[Collected data]
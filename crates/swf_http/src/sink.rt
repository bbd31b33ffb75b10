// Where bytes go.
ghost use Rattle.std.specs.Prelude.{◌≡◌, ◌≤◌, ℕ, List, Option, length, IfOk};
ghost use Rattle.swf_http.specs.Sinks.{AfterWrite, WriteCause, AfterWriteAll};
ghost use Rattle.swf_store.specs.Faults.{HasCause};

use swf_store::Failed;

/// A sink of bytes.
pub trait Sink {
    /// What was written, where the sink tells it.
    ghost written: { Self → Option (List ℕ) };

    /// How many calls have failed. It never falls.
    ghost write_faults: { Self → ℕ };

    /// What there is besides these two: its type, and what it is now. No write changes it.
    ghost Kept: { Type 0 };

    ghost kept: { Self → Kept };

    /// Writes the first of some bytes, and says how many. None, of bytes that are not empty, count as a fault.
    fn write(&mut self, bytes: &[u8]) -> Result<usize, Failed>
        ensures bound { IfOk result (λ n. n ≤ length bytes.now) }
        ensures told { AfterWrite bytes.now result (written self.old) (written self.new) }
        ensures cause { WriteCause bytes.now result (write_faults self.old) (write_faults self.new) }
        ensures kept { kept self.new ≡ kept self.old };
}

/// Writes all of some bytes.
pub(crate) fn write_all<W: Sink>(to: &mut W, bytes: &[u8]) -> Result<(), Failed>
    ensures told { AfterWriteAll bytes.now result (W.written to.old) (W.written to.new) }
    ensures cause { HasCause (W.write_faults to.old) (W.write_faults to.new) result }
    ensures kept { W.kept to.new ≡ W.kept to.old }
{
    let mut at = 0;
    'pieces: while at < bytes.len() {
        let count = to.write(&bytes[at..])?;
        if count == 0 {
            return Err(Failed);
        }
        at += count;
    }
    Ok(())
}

** Brief **
Copy out the entries exactly. Begin at the first line and end with the line that has "AfterWriteAll bytes.now result".

** Output for this task **
filename crates/swf_http/src/sink.rt
repository bbd31b33ffb75b10
// Where bytes go.
ghost use Rattle.std.specs.Prelude.{◌≡◌, ◌≤◌, ℕ, List, Option, length, IfOk};
ghost use Rattle.swf_http.specs.Sinks.{AfterWrite, WriteCause, AfterWriteAll};
ghost use Rattle.swf_store.specs.Faults.{HasCause};

use swf_store::Failed;

/// A sink of bytes.
pub trait Sink {
    /// What was written, where the sink tells it.
    ghost written: { Self → Option (List ℕ) };

    /// How many calls have failed. It never falls.
    ghost write_faults: { Self → ℕ };

    /// What there is besides these two: its type, and what it is now. No write changes it.
    ghost Kept: { Type 0 };

    ghost kept: { Self → Kept };

    /// Writes the first of some bytes, and says how many. None, of bytes that are not empty, count as a fault.
    fn write(&mut self, bytes: &[u8]) -> Result<usize, Failed>
        ensures bound { IfOk result (λ n. n ≤ length bytes.now) }
        ensures told { AfterWrite bytes.now result (written self.old) (written self.new) }
        ensures cause { WriteCause bytes.now result (write_faults self.old) (write_faults self.new) }
        ensures kept { kept self.new ≡ kept self.old };
}

/// Writes all of some bytes.
pub(crate) fn write_all<W: Sink>(to: &mut W, bytes: &[u8]) -> Result<(), Failed>
    ensures told { AfterWriteAll bytes.now result (W.written to.old) (W.written to.new) }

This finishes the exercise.